-- Data follows --

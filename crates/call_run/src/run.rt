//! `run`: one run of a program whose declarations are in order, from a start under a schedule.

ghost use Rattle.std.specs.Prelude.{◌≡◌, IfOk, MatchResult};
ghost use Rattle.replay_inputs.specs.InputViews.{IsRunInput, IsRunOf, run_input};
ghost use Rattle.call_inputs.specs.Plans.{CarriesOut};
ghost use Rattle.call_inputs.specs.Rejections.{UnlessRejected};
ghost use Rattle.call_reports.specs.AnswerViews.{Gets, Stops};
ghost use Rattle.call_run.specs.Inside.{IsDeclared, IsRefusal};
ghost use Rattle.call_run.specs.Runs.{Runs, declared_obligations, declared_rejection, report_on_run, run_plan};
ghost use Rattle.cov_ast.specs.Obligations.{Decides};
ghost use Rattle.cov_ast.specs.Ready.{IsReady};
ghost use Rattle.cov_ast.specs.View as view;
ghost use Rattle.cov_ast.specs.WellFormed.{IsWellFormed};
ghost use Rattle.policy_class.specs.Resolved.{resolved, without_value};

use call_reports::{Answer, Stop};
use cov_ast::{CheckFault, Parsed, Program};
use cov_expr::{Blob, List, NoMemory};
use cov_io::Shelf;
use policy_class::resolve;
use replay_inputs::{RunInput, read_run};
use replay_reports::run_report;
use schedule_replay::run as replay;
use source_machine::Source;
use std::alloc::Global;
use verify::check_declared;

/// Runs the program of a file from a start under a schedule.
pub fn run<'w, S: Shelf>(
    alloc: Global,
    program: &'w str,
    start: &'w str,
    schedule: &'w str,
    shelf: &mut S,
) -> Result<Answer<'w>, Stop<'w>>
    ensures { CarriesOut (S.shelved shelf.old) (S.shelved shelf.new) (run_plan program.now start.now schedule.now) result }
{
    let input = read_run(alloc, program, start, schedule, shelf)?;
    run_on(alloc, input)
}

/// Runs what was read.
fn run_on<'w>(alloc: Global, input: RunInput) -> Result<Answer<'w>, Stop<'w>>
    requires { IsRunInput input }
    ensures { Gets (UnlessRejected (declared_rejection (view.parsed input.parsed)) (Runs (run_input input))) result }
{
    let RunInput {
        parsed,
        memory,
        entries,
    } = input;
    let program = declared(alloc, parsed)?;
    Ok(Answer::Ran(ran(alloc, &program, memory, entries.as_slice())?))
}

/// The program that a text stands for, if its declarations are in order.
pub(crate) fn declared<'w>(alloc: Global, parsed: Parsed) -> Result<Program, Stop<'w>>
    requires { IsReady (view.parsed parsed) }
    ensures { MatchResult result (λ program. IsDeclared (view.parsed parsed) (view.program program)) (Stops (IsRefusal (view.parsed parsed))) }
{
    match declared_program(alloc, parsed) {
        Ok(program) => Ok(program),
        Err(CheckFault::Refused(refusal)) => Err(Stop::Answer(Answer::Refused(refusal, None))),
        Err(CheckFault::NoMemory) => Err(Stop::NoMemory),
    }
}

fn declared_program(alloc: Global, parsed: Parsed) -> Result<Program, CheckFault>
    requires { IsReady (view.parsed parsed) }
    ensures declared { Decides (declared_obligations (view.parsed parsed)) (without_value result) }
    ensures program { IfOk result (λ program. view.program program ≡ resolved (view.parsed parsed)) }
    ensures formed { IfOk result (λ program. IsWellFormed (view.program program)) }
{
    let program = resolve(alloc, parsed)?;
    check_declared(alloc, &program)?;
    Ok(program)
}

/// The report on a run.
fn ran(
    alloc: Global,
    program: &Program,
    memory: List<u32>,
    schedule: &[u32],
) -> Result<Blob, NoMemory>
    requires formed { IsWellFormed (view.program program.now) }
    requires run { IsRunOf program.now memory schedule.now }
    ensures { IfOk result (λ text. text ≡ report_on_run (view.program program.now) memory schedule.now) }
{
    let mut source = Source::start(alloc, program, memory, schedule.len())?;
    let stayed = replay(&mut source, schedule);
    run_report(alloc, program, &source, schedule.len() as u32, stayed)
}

-- Data concluded --
-- Data follows --

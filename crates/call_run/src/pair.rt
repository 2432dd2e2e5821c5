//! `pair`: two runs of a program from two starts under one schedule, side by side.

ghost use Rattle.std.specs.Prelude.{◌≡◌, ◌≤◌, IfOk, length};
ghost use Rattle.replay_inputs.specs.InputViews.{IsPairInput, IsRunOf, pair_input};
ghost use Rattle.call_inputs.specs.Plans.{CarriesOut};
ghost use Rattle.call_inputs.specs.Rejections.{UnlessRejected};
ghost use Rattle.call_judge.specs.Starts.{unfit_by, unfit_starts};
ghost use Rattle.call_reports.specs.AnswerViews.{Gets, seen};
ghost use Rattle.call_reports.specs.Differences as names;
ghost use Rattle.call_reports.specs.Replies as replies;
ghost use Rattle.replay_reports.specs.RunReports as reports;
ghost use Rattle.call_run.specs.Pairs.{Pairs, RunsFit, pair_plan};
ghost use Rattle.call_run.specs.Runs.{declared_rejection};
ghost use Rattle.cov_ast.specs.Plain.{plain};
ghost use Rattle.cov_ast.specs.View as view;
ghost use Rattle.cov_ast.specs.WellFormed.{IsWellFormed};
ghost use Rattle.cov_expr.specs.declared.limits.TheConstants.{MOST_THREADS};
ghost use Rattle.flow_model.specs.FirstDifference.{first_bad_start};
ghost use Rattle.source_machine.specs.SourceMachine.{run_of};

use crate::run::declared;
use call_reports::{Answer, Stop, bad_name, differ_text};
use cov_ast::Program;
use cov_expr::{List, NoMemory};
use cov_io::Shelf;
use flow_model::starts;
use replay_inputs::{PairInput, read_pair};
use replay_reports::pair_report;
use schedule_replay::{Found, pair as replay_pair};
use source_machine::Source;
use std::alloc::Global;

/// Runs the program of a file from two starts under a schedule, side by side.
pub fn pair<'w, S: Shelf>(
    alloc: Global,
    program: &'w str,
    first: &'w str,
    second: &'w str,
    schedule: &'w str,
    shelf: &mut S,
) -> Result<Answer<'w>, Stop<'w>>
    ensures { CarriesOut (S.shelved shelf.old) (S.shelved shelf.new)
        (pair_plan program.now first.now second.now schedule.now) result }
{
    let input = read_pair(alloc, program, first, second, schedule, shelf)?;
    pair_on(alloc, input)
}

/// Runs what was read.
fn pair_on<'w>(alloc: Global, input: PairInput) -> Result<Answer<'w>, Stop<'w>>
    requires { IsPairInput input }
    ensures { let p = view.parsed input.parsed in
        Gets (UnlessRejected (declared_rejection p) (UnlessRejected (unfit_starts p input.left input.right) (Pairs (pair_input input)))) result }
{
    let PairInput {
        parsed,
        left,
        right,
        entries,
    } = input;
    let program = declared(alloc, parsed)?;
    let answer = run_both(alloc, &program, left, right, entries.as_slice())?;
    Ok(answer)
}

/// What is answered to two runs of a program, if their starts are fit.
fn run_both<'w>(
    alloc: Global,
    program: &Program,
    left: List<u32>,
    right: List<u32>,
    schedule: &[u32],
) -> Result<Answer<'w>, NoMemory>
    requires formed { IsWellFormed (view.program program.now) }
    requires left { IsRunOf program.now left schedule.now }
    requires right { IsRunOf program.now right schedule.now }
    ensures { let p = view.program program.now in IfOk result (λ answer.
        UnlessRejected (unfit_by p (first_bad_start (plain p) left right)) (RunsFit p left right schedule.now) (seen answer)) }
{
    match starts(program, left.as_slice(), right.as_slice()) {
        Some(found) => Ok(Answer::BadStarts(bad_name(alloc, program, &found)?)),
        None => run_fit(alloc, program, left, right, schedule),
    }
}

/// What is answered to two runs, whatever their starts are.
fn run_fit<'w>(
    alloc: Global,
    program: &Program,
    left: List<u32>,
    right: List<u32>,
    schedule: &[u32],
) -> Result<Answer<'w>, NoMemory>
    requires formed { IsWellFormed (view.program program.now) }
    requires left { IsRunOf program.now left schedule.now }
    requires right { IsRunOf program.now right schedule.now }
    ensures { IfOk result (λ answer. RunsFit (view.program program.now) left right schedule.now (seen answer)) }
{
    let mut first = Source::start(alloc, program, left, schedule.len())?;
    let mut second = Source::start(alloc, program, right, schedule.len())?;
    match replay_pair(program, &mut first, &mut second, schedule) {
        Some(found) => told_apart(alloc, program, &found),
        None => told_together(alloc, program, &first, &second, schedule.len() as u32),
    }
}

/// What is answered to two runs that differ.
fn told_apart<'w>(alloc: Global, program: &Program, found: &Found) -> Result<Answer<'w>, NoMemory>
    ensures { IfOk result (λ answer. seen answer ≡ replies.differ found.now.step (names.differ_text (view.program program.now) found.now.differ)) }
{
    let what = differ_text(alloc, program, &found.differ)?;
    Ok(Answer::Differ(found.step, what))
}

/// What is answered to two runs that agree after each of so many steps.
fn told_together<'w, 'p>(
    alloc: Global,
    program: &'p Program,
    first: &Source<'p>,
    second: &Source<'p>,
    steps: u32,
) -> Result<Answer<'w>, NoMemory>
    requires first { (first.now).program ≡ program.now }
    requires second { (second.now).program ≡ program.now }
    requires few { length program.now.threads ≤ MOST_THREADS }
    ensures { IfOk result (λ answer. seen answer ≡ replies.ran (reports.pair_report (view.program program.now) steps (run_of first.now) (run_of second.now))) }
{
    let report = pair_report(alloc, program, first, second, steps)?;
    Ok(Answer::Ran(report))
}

-- Data concluded --

--- Required work ---
Using the data above, count every line that contains the word "filename", then give the count and nothing more.

--- Solution ---
2